I have proprioceptive awareness. I pay very close attention to my alignment when I'm doing things like yoga, bodyweight exercises, and weight training.

Because hypermobility is hereditary (I'm certain my poor mom went undiagnosed and lived in pain and with anxiety), I'm having my very flexible, 15-year-old son assessed by a physical therapist and am awaiting an appointment with a genetics counselor. I'm hoping the knowledge I've gained will help him navigate his own journey through what might also be the hypermobility spectrum or hEDS.

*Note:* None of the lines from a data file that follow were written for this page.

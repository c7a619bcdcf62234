//! `prove`: a file of the proofs of what is foreseen of some PCRs.
ghost use Rattle.std.specs.Prelude.{◌≡◌, ◌≢◌, ◌≤◌, ◌<◌, ◌^◌, ◌++◌, ℕ, true, length, List as Sequence, Option as Maybe, Some, Ok, Err, IfOk, IfErr, OnOk};
ghost use Rattle.pl_base.specs.Faults.{HasCause};
ghost use Rattle.pl_base.specs.FileMap.{FileMap};
ghost use Rattle.component_tree.specs.PlainTree.{plain};
ghost use Rattle.policy_digest.specs.Mask.{pcrs_of};
ghost use Rattle.tpm_device.specs.Stored.{Stored};
ghost use Rattle.pcrlock_line.specs.Causes.{HasCauses};
ghost use Rattle.pcrlock_line.specs.Machine.{Machine, Tells};
ghost use Rattle.pcrlock_line.specs.Outcome.{Gives};
ghost use Rattle.pcrlock_line.specs.Stopped.{StandsAmong};
ghost use Rattle.pcrlock_input.specs.Answering.{Answers};
ghost use Rattle.pcrlock_deeds.specs.Acts.{files_between};
ghost use Rattle.pcrlock_lock.specs.Between.{HoldsOneOf};
ghost use Rattle.pcrlock_lock.specs.Changing.{IsDone, changes_in};
ghost use Rattle.predict_proof.specs.Words.{is_locality};
ghost use Rattle.pcrlock_proofs.specs.Passes.{AreOf, Fit, FitOver, Passes};
ghost use Rattle.pcrlock_proofs.specs.Prove.{proofs_for as proofs_for_mask, proofs_each as proofs_of_each, proofs_asked as proofs_of_asked, proofs_of, written, prove_line};

use crate::asked::Asked;
use component_tree::Tree;
use pcrlock_answer::{limit, proved_line};
use pcrlock_input::{InputError, read_components};
use pcrlock_line::{Reply, Stop, replace_file};
use pcrlock_predict::no_digest;
use pl_base::{Files, List, Memory, Name};
use policy_digest::{is_in_mask, mask_of_pcr};
use predict_proof::{Proof, ProofFile, write_proofs};
use predictor::{ForeseeError, Window};
use std::alloc::Global;

/// The number of PCRs of a TPM (TCG PC Client Platform TPM Profile).
const PCR_COUNT: u8 = 24;

/// The proofs of the states of the mask's PCRs.
fn proofs_for(
    alloc: Global,
    tree: &Tree,
    location: &Window,
    asked: Asked,
    mask: u32,
) -> Result<List<Proof>, InputError>
    requires some { 0 < mask }
    requires in_range { mask < 2 ^ 24 }
    ensures told { Answers (λ list. list) result (proofs_for_mask asked location.now (plain tree.now.components) mask) }
    ensures fine { result ≢ Err InputError.Failed }
    ensures few { IfOk result (λ list. length list ≤ 512) }
    ensures passing { IfOk result (AreOf (length (pcrs_of mask)) asked location.now (plain tree.now.components)) }
{
    match predict_proof::prove(alloc, tree, location, mask, asked.bank, asked.locality) {
        Ok(list) => Ok(list),
        Err(
            ForeseeError::NoDigest {
                component,
                variant,
                place,
            },
        ) => Err(InputError::Refused(no_digest(alloc, tree, component, variant, place)?)),
        Err(ForeseeError::TooMany(_)) => Err(InputError::Refused(limit(alloc, "values", 513)?)),
        Err(ForeseeError::Memory) => Err(InputError::Memory),
    }
}

/// The proofs of the values of one PCR.
fn proofs_of_pcr(
    alloc: Global,
    tree: &Tree,
    location: &Window,
    asked: Asked,
    pcr: u8,
) -> Result<List<Proof>, InputError>
    requires { pcr ≤ 23 }
    ensures told { Answers (λ list. list) result (proofs_for_mask asked location.now (plain tree.now.components) (2 ^ pcr)) }
    ensures fine { result ≢ Err InputError.Failed }
    ensures few { IfOk result (λ list. length list ≤ 512) }
    ensures passing { IfOk result (AreOf 1 asked location.now (plain tree.now.components)) }
{
    proofs_for(alloc, tree, location, asked, mask_of_pcr(pcr))
}

/// Puts further proofs to the end of the list.
fn put_behind(list: &mut Vec<Proof>, further: List<Proof>) -> Result<(), Memory>
    ensures { OnOk result (list.new.items ≡ list.old.items ++ further) }
{
    let mut further = further.into_vec();
    list.append(&mut further)?;
    Ok(())
}

/// The proofs of the values of each asked PCR, ascending.
fn proofs_each(
    alloc: Global,
    tree: &Tree,
    location: &Window,
    asked: Asked,
) -> Result<List<Proof>, InputError>
    ensures told { Answers (λ list. list) result (proofs_of_each asked location.now (plain tree.now.components) (pcrs_of asked.pcrs)) }
    ensures fine { result ≢ Err InputError.Failed }
    ensures few { IfOk result (λ list. length list ≤ 12288) }
    ensures passing { IfOk result (AreOf 1 asked location.now (plain tree.now.components)) }
{
    let mut list = Vec::new(alloc);
    for pcr in 0..PCR_COUNT {
        if is_in_mask(asked.pcrs, pcr) {
            match proofs_of_pcr(alloc, tree, location, asked, pcr) {
                Ok(further) => put_behind(&mut list, further)?,
                Err(error) => return Err(error),
            }
        }
    }
    Ok(List::from_vec(list))
}

/// The proofs of the asked PCRs.
fn proofs_asked(
    alloc: Global,
    tree: &Tree,
    location: &Window,
    asked: Asked,
) -> Result<List<Proof>, InputError>
    requires some { 0 < asked.pcrs }
    requires in_range { asked.pcrs < 2 ^ 24 }
    ensures told { Answers (λ list. list) result (proofs_of_asked asked location.now (plain tree.now.components)) }
    ensures fine { result ≢ Err InputError.Failed }
    ensures few { IfOk result (λ list. length list ≤ 12288) }
    ensures passing { IfOk result (Fit asked location.now (plain tree.now.components)) }
{
    if asked.joint {
        proofs_for(alloc, tree, location, asked, asked.pcrs)
    } else {
        proofs_each(alloc, tree, location, asked)
    }
}

/// The proofs of the asked PCRs over the components in the folders. The files stay as they are.
fn proofs_over<F: Files>(
    alloc: Global,
    files: &mut F,
    folders: &[Name],
    location: &Window,
    asked: Asked,
) -> Result<List<Proof>, InputError>
    requires some { 0 < asked.pcrs }
    requires in_range { asked.pcrs < 2 ^ 24 }
    ensures cause { HasCause (F.faults files.old) (F.faults files.new) (result ≡ Err InputError.Failed) }
    ensures told { (held : FileMap) → F.held files.old ≡ Some held → Answers (λ list. list) result (proofs_of asked location.now folders.now held) }
    ensures few { IfOk result (λ list. length list ≤ 12288) }
    ensures passing { (held : FileMap) → F.held files.old ≡ Some held → IfOk result (FitOver asked location.now folders.now held) }
    ensures same { F.held files.new ≡ F.held files.old }
{
    let tree = read_components(alloc, files, folders)?;
    proofs_asked(alloc, &tree, location, asked)
}

/// Writes the file of the proofs, and gives the line that counts them.
fn write_file<F: Files>(
    alloc: Global,
    files: &mut F,
    output: &Name,
    asked: Asked,
    proofs: List<Proof>,
) -> Result<Reply, Stop>
    requires few { length proofs ≤ 12288 }
    ensures causes { HasCauses (F.faults files.old, 0, 0, 0) (F.faults files.new, 0, 0, 0) result }
    ensures told { (held : FileMap) → F.held files.old ≡ Some held
        → IfOk result (λ reply. IsDone held (F.held files.new) reply (Ok (written output.now asked proofs))) }
    ensures stops { (held : FileMap) → F.held files.old ≡ Some held
        → IfErr result (λ _. HoldsOneOf (F.held files.new) (files_between (changes_in (Ok (written output.now asked proofs))) held)) }
{
    let Ok(line) = proved_line(alloc, proofs.len() as u32) else {
        return Err(Stop::Memory);
    };
    let file = ProofFile {
        bank: asked.bank,
        locality: asked.locality,
        proofs,
    };
    let Ok(text) = write_proofs(alloc, &file) else {
        return Err(Stop::Memory);
    };
    match replace_file(alloc, files, output.text(), text.as_slice()) {
        Ok(()) => Ok(Reply::Fine(line)),
        Err(stop) => Err(stop),
    }
}

/// Writes a file of proofs to the path `output`: each state of the asked PCRs that is foreseen over the
/// cuts of the window `location` and all choices of variants, with the first cut that has it and the
/// first choice that leads to it there. Such a state tells the values of all asked PCRs at once, or, not
/// joint, those of each asked PCR alone, ascending. It prints `proved` and the number of the proofs.
/// `check_proof` finds each of them proved, as long as the file stands there and the components are the same.
///
/// The components are those in the folders, of which the first hides what stands under the same names
/// in those behind it.
///
/// The answers for which it writes nothing, the first whose cause holds, first for the components, and
/// then for each asked PCR, or for all of them at once:
///
/// | Answer | Cause |
/// |---|---|
/// | `Limit`, `entries` 4097 | a folder of components has more than 4,096 entries |
/// | `Malformed` at `name` | an entry gives a component or variant a bad name |
/// | `Limit`, `component-bytes` | a component file has this many bytes, more than 1,048,576 |
/// | `Malformed` at `json`, `records` or a number | it is no list of records |
/// | `Limit`, `records` 257 | it has more than 256 records |
/// | `Limit`, `variants` 65, `components` 257, `total` 65537 | there are more than 64, 256 or 65,536 records in all |
/// | `NoDigest` | a record of the PCR has no digest of the bank in the components inside the window |
/// | `Limit`, `values` 513 | more than 512 states are foreseen |
///
/// It stops with `ReadFault`, `WriteFault` or `Memory`. After a stop the output is the old or the new
/// one.
pub fn prove<F: Files>(
    alloc: Global,
    files: &mut F,
    output: &Name,
    folders: &[Name],
    location: &Window,
    asked: Asked,
) -> Result<Reply, Stop>
    requires some { 0 < asked.pcrs }
    requires in_range { asked.pcrs < 2 ^ 24 }
    ensures causes { HasCauses (F.faults files.old, 0, 0, 0) (F.faults files.new, 0, 0, 0) result }
    ensures told { (stored : Maybe Stored) (words : Maybe (Sequence (Sequence ℕ))) (m : Machine) → Tells (F.held files.old) stored words m
        → IfOk result (λ reply. Gives (F.held files.new) stored words reply (prove_line output.now folders.now location.now asked m)) }
    ensures stops { (stored : Maybe Stored) (words : Maybe (Sequence (Sequence ℕ))) (m : Machine) → Tells (F.held files.old) stored words m
        → IfErr result (λ _. StandsAmong (F.held files.new) stored (prove_line output.now folders.now location.now asked m).stops) }
    ensures passes { is_locality asked.locality ≡ true → (before written : FileMap) → F.held files.old ≡ Some before → F.held files.new ≡ Some written
        → IfOk result (Passes output.now folders.now location.now before written) }
{
    match proofs_over(alloc, files, folders, location, asked) {
        Ok(proofs) => write_file(alloc, files, output, asked, proofs),
        Err(InputError::Refused(answer)) => Ok(Reply::Refused(answer)),
        Err(InputError::Failed) => Err(Stop::ReadFault),
        Err(InputError::Memory) => Err(Stop::Memory),
    }
}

And as Dr. Knight advises, "There's a difference between just doing physical therapy and doing it specifically for hypermobility." And so I'm on a quest to find the best care. Maybe he'll join me on a trail run.

Personal validation is part of treatment, says Dr. Knight. And so is exercise. So, I'm taking what I know, and continuing to learn, feeling like my pains all these years aren't me being a wimp, that when I feel fragile or like my leg is screwed on wrong to the socket of my hip like a Barbie doll out of whack, I have the tools to make myself feel better. Do the squats. Run uphill. Lift the weights. And yes, hit the trails.

If you feel you may have a connective tissue disorder of any sort, advises Dr. Knight, seek information. Avoid googling and self-diagnosing but know that information (like the Mayo Clinic's microsite dedicated to the condition) exists. Seek out a knowledgeable physical therapist who can help identify if you are hypermobile and give you strengthening moves and strategies to create durability. And know that trail running, hallelujah, can help.